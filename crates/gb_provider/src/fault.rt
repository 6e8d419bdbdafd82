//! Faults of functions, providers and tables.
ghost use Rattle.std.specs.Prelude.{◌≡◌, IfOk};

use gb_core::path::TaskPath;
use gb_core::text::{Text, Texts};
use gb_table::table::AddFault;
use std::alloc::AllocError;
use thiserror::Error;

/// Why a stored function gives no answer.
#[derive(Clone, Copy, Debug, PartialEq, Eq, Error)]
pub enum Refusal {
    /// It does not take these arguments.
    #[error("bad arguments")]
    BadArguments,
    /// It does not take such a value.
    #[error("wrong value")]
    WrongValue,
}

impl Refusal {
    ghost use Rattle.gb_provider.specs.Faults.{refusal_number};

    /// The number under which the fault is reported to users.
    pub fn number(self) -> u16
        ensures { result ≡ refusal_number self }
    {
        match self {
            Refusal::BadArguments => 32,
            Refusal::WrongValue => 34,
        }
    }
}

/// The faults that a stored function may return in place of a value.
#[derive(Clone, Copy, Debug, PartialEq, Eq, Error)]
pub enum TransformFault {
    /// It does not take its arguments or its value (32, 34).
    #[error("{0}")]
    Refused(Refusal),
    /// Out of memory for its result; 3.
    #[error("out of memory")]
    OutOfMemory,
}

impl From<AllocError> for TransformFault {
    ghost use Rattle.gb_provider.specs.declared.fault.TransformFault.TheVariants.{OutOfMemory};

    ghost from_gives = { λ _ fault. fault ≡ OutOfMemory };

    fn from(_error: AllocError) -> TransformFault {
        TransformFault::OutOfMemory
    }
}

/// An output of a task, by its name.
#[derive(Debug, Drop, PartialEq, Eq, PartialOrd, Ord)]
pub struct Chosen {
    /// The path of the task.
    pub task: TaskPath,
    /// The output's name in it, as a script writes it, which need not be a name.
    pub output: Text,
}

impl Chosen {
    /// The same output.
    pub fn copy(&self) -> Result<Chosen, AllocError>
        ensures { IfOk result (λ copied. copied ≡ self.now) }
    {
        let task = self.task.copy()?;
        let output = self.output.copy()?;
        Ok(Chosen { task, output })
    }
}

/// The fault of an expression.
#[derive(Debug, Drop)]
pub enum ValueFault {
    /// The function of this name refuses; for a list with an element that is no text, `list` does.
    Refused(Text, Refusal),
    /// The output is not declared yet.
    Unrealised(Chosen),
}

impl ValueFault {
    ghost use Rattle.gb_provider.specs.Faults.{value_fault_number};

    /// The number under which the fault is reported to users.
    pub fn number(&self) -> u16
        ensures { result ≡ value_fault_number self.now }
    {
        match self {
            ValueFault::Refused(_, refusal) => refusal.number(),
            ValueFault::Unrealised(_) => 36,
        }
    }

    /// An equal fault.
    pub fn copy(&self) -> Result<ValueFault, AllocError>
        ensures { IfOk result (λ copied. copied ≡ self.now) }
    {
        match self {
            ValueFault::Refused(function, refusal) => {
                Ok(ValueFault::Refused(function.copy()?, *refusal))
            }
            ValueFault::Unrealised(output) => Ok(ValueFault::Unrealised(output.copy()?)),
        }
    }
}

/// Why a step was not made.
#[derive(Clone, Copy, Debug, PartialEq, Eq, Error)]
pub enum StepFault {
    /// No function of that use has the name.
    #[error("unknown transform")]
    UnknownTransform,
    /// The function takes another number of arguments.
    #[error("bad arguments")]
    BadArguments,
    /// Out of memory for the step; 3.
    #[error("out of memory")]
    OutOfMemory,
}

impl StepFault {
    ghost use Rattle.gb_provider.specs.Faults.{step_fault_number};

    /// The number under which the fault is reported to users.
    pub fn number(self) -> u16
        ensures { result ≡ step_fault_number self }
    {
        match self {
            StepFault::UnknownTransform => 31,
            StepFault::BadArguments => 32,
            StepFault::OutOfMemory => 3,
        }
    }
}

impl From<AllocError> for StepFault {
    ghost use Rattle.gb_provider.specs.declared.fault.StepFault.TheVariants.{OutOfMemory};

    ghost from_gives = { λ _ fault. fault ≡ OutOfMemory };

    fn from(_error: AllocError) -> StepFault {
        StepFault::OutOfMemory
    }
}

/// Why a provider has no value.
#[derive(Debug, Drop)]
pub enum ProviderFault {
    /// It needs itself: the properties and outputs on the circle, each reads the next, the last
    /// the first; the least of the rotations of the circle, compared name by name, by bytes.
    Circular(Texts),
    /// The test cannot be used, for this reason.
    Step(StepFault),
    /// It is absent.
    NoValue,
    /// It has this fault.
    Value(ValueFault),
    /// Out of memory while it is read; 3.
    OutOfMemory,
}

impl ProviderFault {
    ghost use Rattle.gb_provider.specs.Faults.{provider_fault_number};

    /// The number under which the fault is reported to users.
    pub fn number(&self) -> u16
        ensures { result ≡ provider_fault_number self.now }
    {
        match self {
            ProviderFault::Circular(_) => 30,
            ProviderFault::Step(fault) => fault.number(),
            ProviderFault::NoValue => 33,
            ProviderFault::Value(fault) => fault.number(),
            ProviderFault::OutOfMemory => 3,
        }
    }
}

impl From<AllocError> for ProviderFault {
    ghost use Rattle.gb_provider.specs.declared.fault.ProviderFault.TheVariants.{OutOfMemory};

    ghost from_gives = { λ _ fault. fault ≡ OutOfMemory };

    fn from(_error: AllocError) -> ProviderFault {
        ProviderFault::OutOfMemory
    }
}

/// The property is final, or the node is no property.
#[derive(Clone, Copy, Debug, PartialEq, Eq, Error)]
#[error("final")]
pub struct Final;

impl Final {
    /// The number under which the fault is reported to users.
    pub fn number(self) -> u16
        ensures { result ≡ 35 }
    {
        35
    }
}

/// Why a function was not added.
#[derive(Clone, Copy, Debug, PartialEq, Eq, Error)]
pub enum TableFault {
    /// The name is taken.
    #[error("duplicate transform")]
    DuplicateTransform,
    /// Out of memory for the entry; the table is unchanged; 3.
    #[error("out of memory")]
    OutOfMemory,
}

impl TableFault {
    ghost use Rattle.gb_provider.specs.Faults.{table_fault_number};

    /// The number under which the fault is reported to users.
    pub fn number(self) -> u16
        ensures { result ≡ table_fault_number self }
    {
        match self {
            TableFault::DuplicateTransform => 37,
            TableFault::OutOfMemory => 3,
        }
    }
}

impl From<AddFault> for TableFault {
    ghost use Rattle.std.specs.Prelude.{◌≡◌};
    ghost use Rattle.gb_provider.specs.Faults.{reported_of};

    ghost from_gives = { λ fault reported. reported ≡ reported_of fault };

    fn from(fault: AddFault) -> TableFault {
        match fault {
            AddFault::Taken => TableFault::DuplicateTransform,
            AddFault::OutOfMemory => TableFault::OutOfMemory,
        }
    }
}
--------------------------------
DESCRIPTION OF THE TASK —
Please copy out the records exactly as they appear.

RESULT OF THE EXERCISE —
filename crates/gb_provider/src/fault.rt
repository 6e8d419bdbdafd82
//! Faults of functions, providers and tables.
ghost use Rattle.std.specs.Prelude.{◌≡◌, IfOk};

use gb_core::path::TaskPath;
use gb_core::text::{Text, Texts};
use gb_table::table::AddFault;
use std::alloc::AllocError;
use thiserror::Error;

/// Why a stored function gives no answer.
#[derive(Clone, Copy, Debug, PartialEq, Eq, Error)]
pub enum Refusal {
    /// It does not take these arguments.
    #[error("bad arguments")]
    BadArguments,
    /// It does not take such a value.
    #[error("wrong value")]
    WrongValue,
}

impl Refusal {
    ghost use Rattle.gb_provider.specs.Faults.{refusal_number};

    /// The number under which the fault is reported to users.
    pub fn number(self) -> u16
        ensures { result ≡ refusal_number self }
    {
        match self {
            Refusal::BadArguments => 32,
            Refusal::WrongValue => 34,
        }
    }
}

/// The faults that a stored function may return in place of a value.
#[derive(Clone, Copy, Debug, PartialEq, Eq, Error)]
pub enum TransformFault {
    /// It does not take its arguments or its value (32, 34).
    #[error("{0}")]
    Refused(Refusal),
    /// Out of memory for its result; 3.
    #[error("out of memory")]
    OutOfMemory,
}

impl From<AllocError> for TransformFault {
    ghost use Rattle.gb_provider.specs.declared.fault.TransformFault.TheVariants.{OutOfMemory};

    ghost from_gives = { λ _ fault. fault ≡ OutOfMemory };

    fn from(_error: AllocError) -> TransformFault {
        TransformFault::OutOfMemory
    }
}

/// An output of a task, by its name.
#[derive(Debug, Drop, PartialEq, Eq, PartialOrd, Ord)]
pub struct Chosen {
    /// The path of the task.
    pub task: TaskPath,
    /// The output's name in it, as a script writes it, which need not be a name.
    pub output: Text,
}

impl Chosen {
    /// The same output.
    pub fn copy(&self) -> Result<Chosen, AllocError>
        ensures { IfOk result (λ copied. copied ≡ self.now) }
    {
        let task = self.task.copy()?;
        let output = self.output.copy()?;
        Ok(Chosen { task, output })
    }
}

/// The fault of an expression.
#[derive(Debug, Drop)]
pub enum ValueFault {
    /// The function of this name refuses; for a list with an element that is no text, `list` does.
    Refused(Text, Refusal),
    /// The output is not declared yet.
    Unrealised(Chosen),
}

impl ValueFault {
    ghost use Rattle.gb_provider.specs.Faults.{value_fault_number};

    /// The number under which the fault is reported to users.
    pub fn number(&self) -> u16
        ensures { result ≡ value_fault_number self.now }
    {
        match self {
            ValueFault::Refused(_, refusal) => refusal.number(),
            ValueFault::Unrealised(_) => 36,
        }
    }

    /// An equal fault.
    pub fn copy(&self) -> Result<ValueFault, AllocError>
        ensures { IfOk result (λ copied. copied ≡ self.now) }
    {
        match self {
            ValueFault::Refused(function, refusal) => {
                Ok(ValueFault::Refused(function.copy()?, *refusal))
            }
            ValueFault::Unrealised(output) => Ok(ValueFault::Unrealised(output.copy()?)),
        }
    }
}

/// Why a step was not made.
#[derive(Clone, Copy, Debug, PartialEq, Eq, Error)]
pub enum StepFault {
    /// No function of that use has the name.
    #[error("unknown transform")]
    UnknownTransform,
    /// The function takes another number of arguments.
    #[error("bad arguments")]
    BadArguments,
    /// Out of memory for the step; 3.
    #[error("out of memory")]
    OutOfMemory,
}

impl StepFault {
    ghost use Rattle.gb_provider.specs.Faults.{step_fault_number};

    /// The number under which the fault is reported to users.
    pub fn number(self) -> u16
        ensures { result ≡ step_fault_number self }
    {
        match self {
            StepFault::UnknownTransform => 31,
            StepFault::BadArguments => 32,
            StepFault::OutOfMemory => 3,
        }
    }
}

impl From<AllocError> for StepFault {
    ghost use Rattle.gb_provider.specs.declared.fault.StepFault.TheVariants.{OutOfMemory};

    ghost from_gives = { λ _ fault. fault ≡ OutOfMemory };

    fn from(_error: AllocError) -> StepFault {
        StepFault::OutOfMemory
    }
}

/// Why a provider has no value.
#[derive(Debug, Drop)]
pub enum ProviderFault {
    /// It needs itself: the properties and outputs on the circle, each reads the next, the last
    /// the first; the least of the rotations of the circle, compared name by name, by bytes.
    Circular(Texts),
    /// The test cannot be used, for this reason.
    Step(StepFault),
    /// It is absent.
    NoValue,
    /// It has this fault.
    Value(ValueFault),
    /// Out of memory while it is read; 3.
    OutOfMemory,
}

impl ProviderFault {
    ghost use Rattle.gb_provider.specs.Faults.{provider_fault_number};

    /// The number under which the fault is reported to users.
    pub fn number(&self) -> u16
        ensures { result ≡ provider_fault_number self.now }
    {
        match self {
            ProviderFault::Circular(_) => 30,
            ProviderFault::Step(fault) => fault.number(),
            ProviderFault::NoValue => 33,
            ProviderFault::Value(fault) => fault.number(),
            ProviderFault::OutOfMemory => 3,
        }
    }
}

impl From<AllocError> for ProviderFault {
    ghost use Rattle.gb_provider.specs.declared.fault.ProviderFault.TheVariants.{OutOfMemory};

    ghost from_gives = { λ _ fault. fault ≡ OutOfMemory };

    fn from(_error: AllocError) -> ProviderFault {
        ProviderFault::OutOfMemory
    }
}

/// The property is final, or the node is no property.
#[derive(Clone, Copy, Debug, PartialEq, Eq, Error)]
#[error("final")]
pub struct Final;

impl Final {
    /// The number under which the fault is reported to users.
    pub fn number(self) -> u16
        ensures { result ≡ 35 }
    {
        35
    }
}

/// Why a function was not added.
#[derive(Clone, Copy, Debug, PartialEq, Eq, Error)]
pub enum TableFault {
    /// The name is taken.
    #[error("duplicate transform")]
    DuplicateTransform,
    /// Out of memory for the entry; the table is unchanged; 3.
    #[error("out of memory")]
    OutOfMemory,
}

impl TableFault {
    ghost use Rattle.gb_provider.specs.Faults.{table_fault_number};

    /// The number under which the fault is reported to users.
    pub fn number(self) -> u16
        ensures { result ≡ table_fault_number self }
    {
        match self {
            TableFault::DuplicateTransform => 37,
            TableFault::OutOfMemory => 3,
        }
    }
}

impl From<AddFault> for TableFault {
    ghost use Rattle.std.specs.Prelude.{◌≡◌};
    ghost use Rattle.gb_provider.specs.Faults.{reported_of};

    ghost from_gives = { λ fault reported. reported ≡ reported_of fault };

    fn from(fault: AddFault) -> TableFault {
        match fault {
            AddFault::Taken => TableFault::DuplicateTransform,
            AddFault::OutOfMemory => TableFault::OutOfMemory,
        }
    }
}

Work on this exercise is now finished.